Show every line of the data below that includes the word "given".

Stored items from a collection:
------------------------------------------------
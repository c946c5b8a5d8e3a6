// The words of batches.
ghost use Rattle.std.specs.Prelude.{◌≤◌, length};
ghost use Rattle.event_reader.specs.Reads.{SpelledAt, AloneAt, WordAt};

use crate::faults::LineFault;
use crate::peeking::stands_at;
use crate::times::end_at;
use event_model::Input;

// The place behind a word that stands at a place.
fn word_end(line: &[u8], at: usize, word: &[u8]) -> Result<usize, LineFault>
    requires { at ≤ length line.now }
    ensures { SpelledAt line.now at word.now result }
{
    let mut end = at;
    for letter in word {
        if !stands_at(line, end, *letter) {
            return Err(LineFault::Syntax(end));
        }
        end += 1;
    }
    Ok(end)
}

// A word stands at a place, and nothing but blanks behind it.
fn alone_at(line: &[u8], at: usize, word: &[u8]) -> Result<(), LineFault>
    requires { at ≤ length line.now }
    ensures { AloneAt line.now at word.now result }
{
    let end = word_end(line, at, word)?;
    end_at(line, end)
}

/// The word of batches that stands alone from the place on.
pub(crate) fn word_at(line: &[u8], at: usize) -> Result<Input, LineFault>
    requires { at ≤ length line.now }
    ensures { WordAt line.now at result }
{
    if stands_at(line, at, b'c') {
        alone_at(line, at, b"commit")?;
        Ok(Input::Commit)
    } else {
        alone_at(line, at, b"begin")?;
        Ok(Input::Begin)
    }
}
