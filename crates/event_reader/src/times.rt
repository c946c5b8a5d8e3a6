// Times.
ghost use Rattle.std.specs.Prelude.{◌≡◌, ◌≤◌, ◌<◌, length};
ghost use Rattle.event_reader.specs.Reads.{DigitsAt, TimeAt, MarkedTimeAt, EndAt, AdvanceAt};

use crate::faults::LineFault;
use crate::peeking::{blanks_end, digit_at, gap_end};
use event_model::TIME_LIMIT;

// The rest of a time, whose digits so far have this value.
fn digits_at(line: &[u8], at: usize, so_far: u64) -> Result<(u64, usize), LineFault>
    requires inside { at ≤ length line.now }
    requires small { so_far < TIME_LIMIT }
    ensures { DigitsAt line.now so_far at result }
{
    let mut time = so_far;
    let mut end = at;
    while let Some(digit) = digit_at(line, end) {
        if time > (TIME_LIMIT - 1 - u64::from(digit)) / 10 {
            return Err(LineFault::Syntax(end));
        }
        time = time * 10 + u64::from(digit);
        end += 1;
    }
    Ok((time, end))
}

/// The time that stands at a place, and the place behind it.
pub(crate) fn time_at(line: &[u8], at: usize) -> Result<(u64, usize), LineFault>
    requires { at ≤ length line.now }
    ensures { TimeAt line.now at result }
{
    let Some(first) = digit_at(line, at) else {
        return Err(LineFault::Syntax(at));
    };
    digits_at(line, at + 1, u64::from(first))
}

/// The time behind a mark, and the place behind it.
pub(crate) fn marked_time_at(line: &[u8], at: usize) -> Result<(u64, usize), LineFault>
    requires { at ≤ length line.now }
    ensures { MarkedTimeAt line.now at result }
{
    let Some(start) = gap_end(line, at) else {
        return Err(LineFault::Syntax(at));
    };
    time_at(line, start)
}

/// Nothing but blanks stands from the place on.
pub(crate) fn end_at(line: &[u8], at: usize) -> Result<(), LineFault>
    requires { at ≤ length line.now }
    ensures { EndAt line.now at result }
{
    let end = blanks_end(line, at);
    if end < line.len() {
        return Err(LineFault::Syntax(end));
    }
    Ok(())
}

/// The time behind the mark of a line that says a time.
pub(crate) fn advance_at(line: &[u8], at: usize) -> Result<u64, LineFault>
    requires { at ≤ length line.now }
    ensures { AdvanceAt line.now at result }
{
    let (time, end) = marked_time_at(line, at)?;
    end_at(line, end)?;
    Ok(time)
}
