// When an event happened.
ghost use Rattle.std.specs.Prelude.{◌≤◌, length};
ghost use Rattle.event_reader.specs.Reads.{AreTimes, SpanOf, TimesAt};

use crate::faults::LineFault;
use crate::peeking::stands_at;
use crate::times::{marked_time_at, time_at};
use event_model::Span;

/// When an event happened, as it is written: at a time, or from a time to a second one, which begins at the place.
#[derive(Clone, Copy)]
pub(crate) enum Times {
    One(u64),
    Two { start: u64, end: u64, place: usize },
}

impl Times {
    /// The span, where the first time isn't greater than the second.
    pub(crate) fn span(self) -> Result<Span, LineFault>
        requires { AreTimes self }
        ensures { SpanOf self result }
    {
        match self {
            Times::One(time) => Ok(Span::instant(time)),
            Times::Two { start, end, place } => {
                if start > end {
                    return Err(LineFault::Syntax(place));
                }
                Ok(Span::new(start, end))
            }
        }
    }
}

/// The times behind the mark of an event, and the place behind them.
pub(crate) fn times_at(line: &[u8], at: usize) -> Result<(Times, usize), LineFault>
    requires { at ≤ length line.now }
    ensures { TimesAt line.now at result }
{
    let (start, end) = marked_time_at(line, at)?;
    if !stands_at(line, end, b'.') {
        return Ok((Times::One(start), end));
    }
    let middle = end + 1;
    if !stands_at(line, middle, b'.') {
        return Err(LineFault::Syntax(middle));
    }
    let place = middle + 1;
    let (second, end) = time_at(line, place)?;
    Ok((
        Times::Two {
            start,
            end: second,
            place,
        },
        end,
    ))
}
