// A whole piece written, and a whole file read.
ghost use Rattle.std.specs.Prelude.{◌≡◌, ◌<◌, ◌≤◌, ◌⊎◌, [], length, IsOk, IsErr, take, drop, vec_len, IsTrue, IfOk, IfSome, OnOk, OnErr, IsErrOf};
ghost use Rattle.flow_ports.specs.Flow.{CountsFaults, Rose, Gives, GivesPart};

use crate::ports::{Failed, Shelf, Sink};
use std::alloc::Global;
use thiserror::Error;

/// Writes over the first bytes, and leaves the others.
pub(crate) fn copy_front(buf: &mut [u8], front: &[u8])
    requires { length front.now ≤ length buf.old }
    ensures front { take (length front.now) buf.new ≡ front.now }
    ensures rest { drop (length front.now) buf.new ≡ drop (length front.now) buf.old }
{
    buf[..front.len()].copy_from_slice(front);
}

/// Writes all the bytes, in as many calls as the sink wants.
pub fn write_whole<K: Sink>(sink: &mut K, bytes: &[u8]) -> Result<(), Failed>
    ensures ok { OnOk result (Gives (K.got sink.old) (K.got sink.new) bytes.now) }
    ensures err { OnErr result (GivesPart (K.got sink.old) (K.got sink.new) bytes.now) }
    ensures count { CountsFaults (K.faults sink.old) (K.faults sink.new) result }

    // An empty piece is written without a call.
    ensures empty { bytes.now ≡ [] → IsOk result × (sink.new ≡ sink.old) }
{
    let mut at = 0;
    while at < bytes.len() {
        match sink.write(&bytes[at..]) {
            Ok(n) => at += n,
            Err(Failed) => return Err(Failed),
        }
    }
    Ok(())
}

/// Why a whole file couldn't be read.
#[derive(Clone, Copy, Debug, PartialEq, Eq, Error)]
pub enum WholeFault {
    #[error("the device failed")]
    Failed,
    #[error("the file is too long")]
    TooLong,
    #[error("no memory is left")]
    Memory,
}

const CHUNK: usize = 4096;

/// Reads all that a name holds, up to a limit.
pub fn read_whole<S: Shelf>(
    alloc: Global,
    shelf: &mut S,
    name: &str,
    limit: usize,
) -> Result<Vec<u8>, WholeFault>
    requires { IsTrue (S.serves shelf.old name.now) }
    ensures ok { IfOk result (λ bytes.
        IfSome (S.holds shelf.old name.now) (λ held. bytes.items ≡ held)) }
    ensures small { IfOk result (λ bytes. vec_len bytes ≤ limit) }
    ensures within { OnOk result
        (IfSome (S.holds shelf.old name.now) (λ held. length held ≤ limit)) }
    ensures failed { IsErrOf result WholeFault.Failed
        → Rose (S.faults shelf.old) (S.faults shelf.new) }
    ensures too_long { IsErrOf result WholeFault.TooLong
        → IfSome (S.holds shelf.old name.now) (λ held. limit < length held) }
    ensures count { OnOk result (S.faults shelf.new ≡ S.faults shelf.old) }
    ensures unfailed { IsErr result
        → IsErrOf result WholeFault.Failed ⊎ (S.faults shelf.new ≡ S.faults shelf.old) }
    ensures later { S.faults shelf.old ≤ S.faults shelf.new }
    ensures serves { S.serves shelf.new ≡ S.serves shelf.old }
    ensures holds { S.holds shelf.new ≡ S.holds shelf.old }
{
    let mut bytes = Vec::new(alloc);
    let mut buf = [0u8; CHUNK];
    loop {
        let n = match shelf.read_at(name, bytes.len() as u64, &mut buf) {
            Ok(n) => n,
            Err(Failed) => return Err(WholeFault::Failed),
        };
        if n == 0 {
            return Ok(bytes);
        }
        if n > limit - bytes.len() {
            return Err(WholeFault::TooLong);
        }
        if bytes.extend_from_slice(&buf[..n]).is_err() {
            return Err(WholeFault::Memory);
        }
    }
}
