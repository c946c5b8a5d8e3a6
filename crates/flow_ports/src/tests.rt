use crate::{
    Failed, FileShelf, FromReader, MemShelf, MemSink, MemSource, Shelf, Source, ToWriter,
    WholeFault, read_whole, write_whole,
};
use std::fs;
use std::test::Fail;

const FILE: &str = "flow_ports_test";

#[test]
fn a_file_gives_what_it_took(rt: HostRuntime) -> Result<(), Fail> {
    write_whole(&mut ToWriter::new(fs::create(&rt, FILE)?), b"abcde")?;
    let mut source = FromReader::new(fs::open(&rt, FILE)?);
    let mut buf = [0; 8];
    assert_eq!(rt; source.read(&mut buf), Ok(5));
    assert_eq!(rt; source.read(&mut buf), Ok(0));
    assert_eq!(rt; buf, *b"abcde\0\0\0");
    let mut shelf = FileShelf::new(rt.alloc(), &rt);
    let bytes = read_whole(rt.alloc(), &mut shelf, FILE, 5)?;
    assert_eq!(rt; bytes.as_slice(), b"abcde".as_slice());
    fs::remove_file(&rt, FILE)?;
    let absent = read_whole(rt.alloc(), &mut shelf, FILE, 5).err();
    assert_eq!(rt; absent, Some(WholeFault::Failed));
    Ok(())
}

// A place that isn't the next one, of the file that is open and of another.
#[test]
fn files_are_read_from_any_place(rt: HostRuntime) -> Result<(), Fail> {
    let first = "flow_ports_first";
    let second = "flow_ports_second";
    write_whole(&mut ToWriter::new(fs::create(&rt, first)?), b"abcde")?;
    write_whole(&mut ToWriter::new(fs::create(&rt, second)?), b"vwxyz")?;
    let mut shelf = FileShelf::new(rt.alloc(), &rt);
    let mut buf = [0; 2];
    let rows = [
        (first, 0, b"ab", 2),
        (first, 2, b"cd", 2),
        (second, 3, b"yz", 2),
        (second, 1, b"wx", 2),
        (first, 3, b"de", 2),
        (first, 5, b"de", 0),
    ];
    for row in rows {
        assert_eq!(rt; shelf.read_at(row.0, row.1, &mut buf), Ok(row.3));
        assert_eq!(rt; buf, *row.2);
    }
    fs::remove_file(&rt, first)?;
    fs::remove_file(&rt, second)?;
    Ok(())
}

#[test]
fn a_source_gives_pieces_and_fails(rt: HostRuntime) -> Result<(), Fail> {
    let bytes = b"abcde".to_vec(rt.alloc())?;
    let pieces = [2, 9, 0].to_vec(rt.alloc())?;
    let fails = [2].to_vec(rt.alloc())?;
    let mut source = MemSource::new(bytes, pieces, fails);
    let mut buf = [0; 4];
    for want in [Ok(2), Err(Failed), Ok(1), Ok(2), Ok(0)] {
        assert_eq!(rt; source.read(&mut buf), want);
    }
    assert_eq!(rt; buf, *b"de\0\0");
    Ok(())
}

#[test]
fn a_file_is_read_up_to_a_limit(rt: HostRuntime) -> Result<(), Fail> {
    let mut files = Vec::new(rt.alloc());
    files.push((
        String::from_str(rt.alloc(), "a")?,
        b"abc".to_vec(rt.alloc())?,
    ))?;
    let mut shelf = MemShelf::new(files, Vec::new(rt.alloc()));
    let bytes = read_whole(rt.alloc(), &mut shelf, "a", 3)?;
    assert_eq!(rt; bytes.as_slice(), b"abc".as_slice());
    let long = read_whole(rt.alloc(), &mut shelf, "a", 2).err();
    assert_eq!(rt; long, Some(WholeFault::TooLong));
    Ok(())
}

#[test]
fn a_new_sink_is_empty(rt: HostRuntime) -> Result<(), Fail> {
    let sink = MemSink::new(rt.alloc(), 8, Vec::new(rt.alloc()))?;
    assert_eq!(rt; sink.bytes(), b"".as_slice());
    Ok(())
}
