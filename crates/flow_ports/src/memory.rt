// Streams and files in memory, which tell their bytes and fail when they are told to.
ghost use Rattle.std.specs.Prelude.{◌≡◌, ◌<◌, ◌≤◌, ◌↔◌, ◌+◌, ◌-◌, ◌^◌, ◌⊎◌, ℕ, List, Bool, true, Option, Some, None, [], length, take, drop, min, IsTrue, IsErr, IfOk, IfSome, OnErr, MatchOption, MatchResult, Contains, slice_get, string_bytes, vec_len, vec_capacity};
ghost use Rattle.flow_ports.specs.Held.{held_at, names_differ};

use crate::ports::{Failed, Shelf, Sink, Source};
use crate::whole::copy_front;
use std::alloc::{AllocError, Global};

/// A source of known bytes. Its k-th call gives at most the k-th of its pieces, but at least one
/// byte where one is left and the buffer has room; after the last piece it gives as many bytes as
/// fit. The calls named by their numbers fail.
#[derive(Drop)]
pub struct MemSource {
    bytes: Vec<u8>,
    at: usize,
    pieces: Vec<usize>,
    fails: Vec<u64>,
    calls: u64,
    faults: u64,
    ghost within: { at ≤ vec_len bytes },
}

impl MemSource {
    ghost use Rattle.flow_ports.specs.MemSource.{pieces_of, fails_of, calls_of};

    /// A source that has given nothing yet. Calls are counted from 1.
    pub fn new(bytes: Vec<u8>, pieces: Vec<usize>, fails: Vec<u64>) -> MemSource
        ensures left { ⟦<MemSource as Source>⟧.left result ≡ Some bytes.items }
        ensures pieces { pieces_of result ≡ pieces.items }
        ensures fails { fails_of result ≡ fails.items }
        ensures calls { calls_of result ≡ 0 }
        ensures faults { ⟦<MemSource as Source>⟧.faults result ≡ 0 }
    {
        MemSource {
            bytes,
            at: 0,
            pieces,
            fails,
            calls: 0,
            faults: 0,
        }
    }
}

impl Source for MemSource {
    ghost use Rattle.std.specs.Io.{ReadsAtMost};
    ghost use Rattle.flow_ports.specs.Flow.{CountsFaults, Takes};
    ghost use Rattle.flow_ports.specs.Calls.{next_call, next_fault, piece_len};
    ghost use Rattle.flow_ports.specs.MemSource.{bytes_of, pieces_of, fails_of, calls_of, faults_of};

    ghost left = { λ s. Some (bytes_of s) };

    ghost faults = { λ s. faults_of s };

    fn read(&mut self, buf: &mut [u8]) -> Result<usize, Failed>
        ensures bound { ReadsAtMost result buf.new }
        ensures bytes { MatchResult result
            (λ n. Takes (Some (bytes_of self.old)) (Some (bytes_of self.new)) (take n buf.new))
            (λ _. Some (bytes_of self.new) ≡ Some (bytes_of self.old)) }
        ensures rest { IfOk result (λ n. drop n buf.new ≡ drop n buf.old) }
        ensures end { IfOk result (λ n. n ≡ 0 → 0 < length buf.new → bytes_of self.new ≡ []) }
        ensures none { IfOk result (λ n. 0 < length buf.new → ((n ≡ 0) ↔ (bytes_of self.old ≡ []))) }
        ensures count { CountsFaults (faults_of self.old) (faults_of self.new) result }
        ensures range { OnErr result (faults_of self.new < 2 ^ 64) }

        // How much the call gives, and whether it fails; a call that fails leaves the buffer.
        ensures amount { IfOk result (λ n.
            n ≡ piece_len (slice_get (pieces_of self.old) (calls_of self.old))
            (min (length (bytes_of self.old)) (length buf.new))) }
        ensures fails { IsErr result ↔ Contains (fails_of self.old) (next_call (calls_of self.old)) }
        ensures fault { OnErr result (faults_of self.new ≡ next_fault (faults_of self.old)) }
        ensures kept { OnErr result (buf.new ≡ buf.old) }
        ensures calls { calls_of self.new ≡ next_call (calls_of self.old) }
        ensures pieces_stay { pieces_of self.new ≡ pieces_of self.old }
        ensures fails_stay { fails_of self.new ≡ fails_of self.old }
    {
        let piece = self.pieces.get(self.calls as usize).copied();
        self.calls = self.calls.saturating_add(1);
        if self.fails.contains(&self.calls) {
            self.faults = self.faults.saturating_add(1);
            return Err(Failed);
        }
        let most = (self.bytes.len() - self.at).min(buf.len());
        let n = match piece {
            Some(piece) => most.min(piece.max(1)),
            None => most,
        };
        copy_front(buf, &self.bytes[self.at..self.at + n]);
        self.at += n;
        Ok(n)
    }
}

/// A sink that keeps what it takes, in memory that it was given at its start. The calls named by
/// their numbers fail.
#[derive(Drop)]
pub struct MemSink {
    bytes: Vec<u8>,
    room: usize,
    fails: Vec<u64>,
    calls: u64,
    faults: u64,
    ghost roomy: { vec_len bytes + room ≤ vec_capacity bytes },
}

impl MemSink {
    ghost use Rattle.flow_ports.specs.MemSink.{room_of, fails_of, calls_of};

    /// A sink that has room for so many bytes. The calls with these numbers, counted from 1, fail.
    pub fn new(alloc: Global, room: usize, fails: Vec<u64>) -> Result<MemSink, AllocError>
        ensures got { IfOk result (λ sink. ⟦<MemSink as Sink>⟧.got sink ≡ Some []) }
        ensures room { IfOk result (λ sink. room_of sink ≡ room) }
        ensures fails { IfOk result (λ sink. fails_of sink ≡ fails.items) }
        ensures calls { IfOk result (λ sink. calls_of sink ≡ 0) }
        ensures faults { IfOk result (λ sink. ⟦<MemSink as Sink>⟧.faults sink ≡ 0) }
    {
        Ok(MemSink {
            bytes: Vec::with_capacity(alloc, room)?,
            room,
            fails,
            calls: 0,
            faults: 0,
        })
    }

    /// What it has got.
    pub fn bytes(&self) -> &[u8]
        ensures { ⟦<MemSink as Sink>⟧.got self.now ≡ Some result.now }
    {
        &self.bytes
    }
}

impl Sink for MemSink {
    ghost use Rattle.std.specs.Io.{WritesAtMost};
    ghost use Rattle.flow_ports.specs.Flow.{CountsFaults, Gives};
    ghost use Rattle.flow_ports.specs.Calls.{next_call, next_fault};
    ghost use Rattle.flow_ports.specs.MemSink.{bytes_of, room_of, fails_of, calls_of, faults_of};

    ghost got = { λ s. Some (bytes_of s) };

    ghost faults = { λ s. faults_of s };

    fn write(&mut self, bytes: &[u8]) -> Result<usize, Failed>
        ensures bound { WritesAtMost result bytes.now }
        ensures some { IfOk result (λ n. 0 < length bytes.now → 0 < n) }
        ensures bytes { MatchResult result
            (λ n. Gives (Some (bytes_of self.old)) (Some (bytes_of self.new)) (take n bytes.now))
            (λ _. Some (bytes_of self.new) ≡ Some (bytes_of self.old)) }
        ensures count { CountsFaults (faults_of self.old) (faults_of self.new) result }
        ensures range { OnErr result (faults_of self.new < 2 ^ 64) }

        // How much the call takes, and whether it fails.
        ensures amount { IfOk result (λ n. n ≡ min (length bytes.now) (room_of self.old)) }
        ensures room { MatchResult result
            (λ n. room_of self.new + n ≡ room_of self.old)
            (λ _. room_of self.new ≡ room_of self.old) }
        ensures fails { IsErr result
            ↔ (Contains (fails_of self.old) (next_call (calls_of self.old))
            ⊎ ((room_of self.old ≡ 0) × (0 < length bytes.now))) }
        ensures fault { OnErr result (faults_of self.new ≡ next_fault (faults_of self.old)) }
        ensures calls { calls_of self.new ≡ next_call (calls_of self.old) }
        ensures fails_stay { fails_of self.new ≡ fails_of self.old }
    {
        self.calls = self.calls.saturating_add(1);
        let n = bytes.len().min(self.room);
        if n == 0 && !bytes.is_empty() {
            self.faults = self.faults.saturating_add(1);
            return Err(Failed);
        }
        if self.fails.contains(&self.calls) {
            self.faults = self.faults.saturating_add(1);
            return Err(Failed);
        }
        match self.bytes.extend_from_slice(&bytes[..n]) {
            Ok(()) => {}
            Err(_) => unreachable!(),
        }
        self.room -= n;
        Ok(n)
    }
}

/// Files in memory. The calls named by their numbers fail, and so do those for a name that it
/// doesn't hold.
#[derive(Drop)]
pub struct MemShelf {
    files: Vec<(String, Vec<u8>)>,
    fails: Vec<u64>,
    calls: u64,
    faults: u64,
}

impl MemShelf {
    ghost use Rattle.flow_ports.specs.MemShelf.{fails_of, calls_of};

    /// A shelf of files with their names. Calls are counted from 1.
    pub fn new(files: Vec<(String, Vec<u8>)>, fails: Vec<u64>) -> MemShelf
        requires { IsTrue (names_differ files.items) }
        ensures holds { (name : List ℕ) → ⟦<MemShelf as Shelf>⟧.holds result name ≡ held_at files.items name }
        // Each file is found by its own name.
        ensures each { (k : ℕ) → IfSome (slice_get files.items k) (λ file.
            ⟦<MemShelf as Shelf>⟧.holds result (string_bytes file.0) ≡ Some file.1.items) }
        ensures serves { (name : List ℕ) → IsTrue (⟦<MemShelf as Shelf>⟧.serves result name) }
        ensures fails { fails_of result ≡ fails.items }
        ensures calls { calls_of result ≡ 0 }
        ensures faults { ⟦<MemShelf as Shelf>⟧.faults result ≡ 0 }
    {
        MemShelf {
            files,
            fails,
            calls: 0,
            faults: 0,
        }
    }
}

// The bytes of the first file of that name.
fn file_at<'a>(files: &'a Vec<(String, Vec<u8>)>, name: &str) -> Option<&'a Vec<u8>>
    ensures { MatchOption result (held_at files.now.items name.now ≡ None) (λ bytes.
        held_at files.now.items name.now ≡ Some bytes.now.items) }
{
    for file in files.iter() {
        if file.0.as_str() == name {
            return Some(&file.1);
        }
    }
    None
}

impl Shelf for MemShelf {
    ghost use Rattle.std.specs.Io.{ReadsAtMost};
    ghost use Rattle.flow_ports.specs.Flow.{CountsFaults};
    ghost use Rattle.flow_ports.specs.Calls.{next_call, next_fault};
    ghost use Rattle.flow_ports.specs.MemShelf.{files_of, fails_of, calls_of, faults_of};

    ghost serves = { λ s name. true };

    ghost holds = { λ s name. held_at (files_of s) name };

    ghost faults = { λ s. faults_of s };

    fn read_at(&mut self, name: &str, at: u64, buf: &mut [u8]) -> Result<usize, Failed>
        ensures bound { ReadsAtMost result buf.new }
        ensures bytes { IfOk result (λ n.
            IfSome (held_at (files_of self.old) name.now) (λ bytes.
            take n buf.new ≡ take n (drop at bytes))) }
        ensures end { IfOk result (λ n.
            IfSome (held_at (files_of self.old) name.now) (λ bytes.
            0 < length buf.new → ((n ≡ 0) ↔ (length bytes ≤ at)))) }
        ensures files { files_of self.new ≡ files_of self.old }
        ensures count { CountsFaults (faults_of self.old) (faults_of self.new) result }
        ensures range { OnErr result (faults_of self.new < 2 ^ 64) }

        // How much the call gives, and whether it fails; what it doesn't give of the buffer is as before.
        ensures amount { IfOk result (λ n.
            IfSome (held_at (files_of self.old) name.now) (λ bytes.
            n ≡ min (length bytes - at) (length buf.new))) }
        ensures fails { IsErr result
            ↔ (Contains (fails_of self.old) (next_call (calls_of self.old))
            ⊎ (held_at (files_of self.old) name.now ≡ None)) }
        ensures fault { OnErr result (faults_of self.new ≡ next_fault (faults_of self.old)) }
        ensures rest { IfOk result (λ n. drop n buf.new ≡ drop n buf.old) }
        ensures kept { OnErr result (buf.new ≡ buf.old) }
        ensures calls { calls_of self.new ≡ next_call (calls_of self.old) }
        ensures fails_stay { fails_of self.new ≡ fails_of self.old }
    {
        self.calls = self.calls.saturating_add(1);
        if self.fails.contains(&self.calls) {
            self.faults = self.faults.saturating_add(1);
            return Err(Failed);
        }
        let bytes = match file_at(&self.files, name) {
            Some(bytes) => bytes,
            None => {
                self.faults = self.faults.saturating_add(1);
                return Err(Failed);
            }
        };
        let at = (at as usize).min(bytes.len());
        let n = (bytes.len() - at).min(buf.len());
        copy_front(buf, &bytes[at..at + n]);
        Ok(n)
    }
}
------------------------------------------------
● OUTPUT OF THE TASK
    /// A source that has given nothing yet. Calls are counted from 1.
/// A sink that keeps what it takes, in memory that it was given at its start. The calls named by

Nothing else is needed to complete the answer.